A flight has turned back to Dublin after a bee became lodged in one of the aircraft’s instruments, making airspeed readings unreliable.
The bee struck 10 minutes into the flight to the southern English port city of Southampton. The airline concerned is Flybe (pronounced Fly-bee), Europe’s largest regional carrier.
Exeter-based Flybe signed a new codeshare agreement with Emirates yesterday, but that’s beside the point. Engineers on the ground found a bee firmly stuck in a pitot tube – a vital measuring instrument on the outside of the plane.
The bee delayed the Flybe flight for about two hours.
“Upon examination, maintenance found a bee lodged into an item of instrumentation on the outside of the aircraft,” Flybe stated.
Pitot tubes measure aircraft speed. Wasps in a pitot tube were blamed for the crash of a B757 carrying 189 people in February 1996 in the Dominican Republic. Confused by the incorrect airspeed readings, the pilot accidentally stalled the plane five minutes after take-off.
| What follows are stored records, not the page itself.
/// Reads a journal and writes its log, a line for each event of its entries, in order: the status of a program that does just
/// that. It is 0 where the input is a journal up to its end, 2 where no entry begins behind those that were told, 3 where the
/// input is cut off, in its head or in its last entry, 4 where it is no journal and 9 where it has more bytes than are looked
/// at; 5 where a read failed, 6 where a write failed, and 7 for want of memory. Entries are not checked.
///
/// Where the input ends, it is asked for more after a pause of half a second, so many times in all: only behind the last of
/// them an end of the input is an end of the log. An input that ends inside its head is no journal that grows.
pub fn log_lines<S: Source, K: Sink, C: Clock>(
    alloc: Global,
    form: Form,
    pauses: u64,
    input: &mut S,
    output: &mut K,
    clock: &mut C,
) -> u8
    ensures log { LogEnds form (start_at no_past
        (input_of (S.view input.old).given (S.view input.old).ends (S.view input.old).faults))
        (input_of (S.view input.new).given (S.view input.new).ends (S.view input.new).faults)
        (output_of (K.view output.old).taken (K.view output.old).faults)
        (output_of (K.view output.new).taken (K.view output.new).faults) result }
    ensures waits { Waits pauses
        (input_of (S.view input.old).given (S.view input.old).ends (S.view input.old).faults)
        (input_of (S.view input.new).given (S.view input.new).ends (S.view input.new).faults)
        (C.view clock.old) (C.view clock.new) result }
{
    log_behind(
        alloc,
        form,
        Recall::new(alloc),
        pauses,
        input,
        output,
        clock,
    )
}
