// The records of a frame's layout.
#![tactic(auto)]

ghost use Rattle.std.specs.Prelude.{◌≡◌};
ghost use Rattle.frame_layout.specs.Frame.{frame_type_of, present_of, frame_tiles};

use answers::Answer;
use getbits::Place;
use seq_fields::AdaptiveBoolean;
use tile_layout::{TileInfo, TileRead};

#[derive(Clone, Copy, PartialEq, Eq)]
pub enum FrameType {
    Key,
    Inter,
    Intra,
    Switch,
}

// What a frame's header has of its size and its layout.
#[derive(Clone, Copy)]
pub struct FrameHeader {
    pub frame_type: FrameType,
    pub width: i32,
    pub height: i32,
    pub sb128: u8,
    pub tiling: TileInfo,
}

// What a frame's layout needs of the sequence header.
#[derive(Clone, Copy)]
pub struct SeqLayout {
    pub sb128: u8,
    pub max_width: i32,
    pub max_height: i32,
    pub level: u8,
    pub tier: u8,
    pub present: AdaptiveBoolean,
    pub t: TileInfo,
}

// The answer, the frame's header with it and the place after the reading. A refusal has the header that was given.
#[derive(Clone, Copy)]
pub struct FrameRead {
    pub answer: Answer,
    pub hdr: FrameHeader,
    pub next: Place,
}

// The layout in a frame's answer.
pub fn frame_tiles(r: FrameRead) -> TileRead
    ensures { result ≡ frame_tiles r }
{
    let info = r.hdr.tiling;
    TileRead {
        answer: r.answer,
        info,
        next: r.next,
    }
}

// The type with a number.
pub fn frame_type_of(n: u8) -> FrameType
    ensures { result ≡ frame_type_of n }
{
    match n {
        0 => FrameType::Key,
        1 => FrameType::Inter,
        2 => FrameType::Intra,
        _ => FrameType::Switch,
    }
}

// The presence with a number.
pub fn present_of(n: u8) -> AdaptiveBoolean
    ensures { result ≡ present_of n }
{
    match n {
        0 => AdaptiveBoolean::Off,
        1 => AdaptiveBoolean::On,
        _ => AdaptiveBoolean::Adaptive,
    }
}
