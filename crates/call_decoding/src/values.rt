//! Types of the program whose values are those of the laws of a call. A law that speaks of any
//! styles and pictures is called with them; nothing is made of them.
use h263_types::Format;
use picture_header::Header;
use std::marker::Model;

/// All of a picture header but its temporal references and its clock.
pub struct Styled {
    header: Header,
}

impl Model for Styled {
    ghost use Rattle.call_decoding.specs.Styles.{Style, style_of};

    ghost Value = { Style };

    ghost view = { λ s. style_of s.header };
}

/// A picture.
pub struct Pictured {
    format: Format,
    bytes: Vec<u8>,
}

impl Model for Pictured {
    ghost use Rattle.h263_planes.specs.Picture.{Picture};
    ghost use Rattle.h263_planes.specs.Layout.{picture_of};

    ghost Value = { Picture };

    ghost view = { λ p. picture_of p.format p.bytes.items };
}
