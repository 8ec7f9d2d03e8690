//! What the laws of a call ask of decoding. Each is the contract of a function that does nothing
//! else.
ghost use Rattle.std.specs.Prelude.{◌≡◌, List, Option};
ghost use Rattle.h263_types.specs.declared.format.Format.{Format};
ghost use Rattle.h263_types.specs.declared.blocks.Mb.{Mb};
ghost use Rattle.h263_types.specs.declared.params.Params.{Params};
ghost use Rattle.h263_types.specs.Params.{IsParams};
ghost use Rattle.h263_planes.specs.Picture.{Picture};
ghost use Rattle.h263_planes.specs.Samples.{IsWhole};
ghost use Rattle.picture_header.specs.declared.header.Header.{Header};
ghost use Rattle.picture_recon.specs.Samples as recon;
ghost use Rattle.call_model.specs.Coding.{decoded_picture};
ghost use Rattle.call_model.specs.Lawful.{IsMade, IsPictures, IsRules};
ghost use Rattle.call_decoding.specs.Rules.{rules_of};
ghost use Rattle.call_decoding.specs.Samples.{pictures};
ghost use Rattle.call_decoding.specs.Styles.{Style, header_from, call_header_of};

use h263_planes::laws::{numbered_samples, picture_by_samples};
use picture_recon::laws::samples_are_reconstruction;

/// Parameters in their ranges are those of a call.
pub fn are_rules()
    ensures { (p : Params) → IsParams p → IsRules (rules_of p) }
{}

/// A call sees all of a picture header.
pub fn whole_header()
    ensures { (h : Header) → header_from (call_header_of h) ≡ h }
{}

/// A picture is its samples (`pictures`), each whole one is made of samples (`made`), and a picture
/// of macroblocks is their reconstruction (`reconstructed`).
pub fn are_pictures()
    ensures pictures { (p : Params) → IsPictures (pictures p.format) (rules_of p) }
    ensures made { (f : Format) (p : Picture) → p.format ≡ f → IsWhole p
        → IsMade (pictures f) p }
    ensures reconstructed { (f : Format) (style : Style) (reference : Option Picture)
        (mbs : List Mb) → decoded_picture (pictures f) style reference mbs
        ≡ recon.reconstruction f style.rounding reference mbs }
{
    numbered_samples();
    picture_by_samples();
    samples_are_reconstruction();
}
The aircraft went into a spin and crashed into the sea, killing all aboard.
In another incident, ice forming on a pitot tube contributed to the crash of Air France Flight 447 into the Atlantic Ocean on 1 June 2009, according to French air safety authority BEA. The flight was on the way from Rio de Janeiro to Paris and all aboard were killed.
You don’t want a bee in your pitot tube.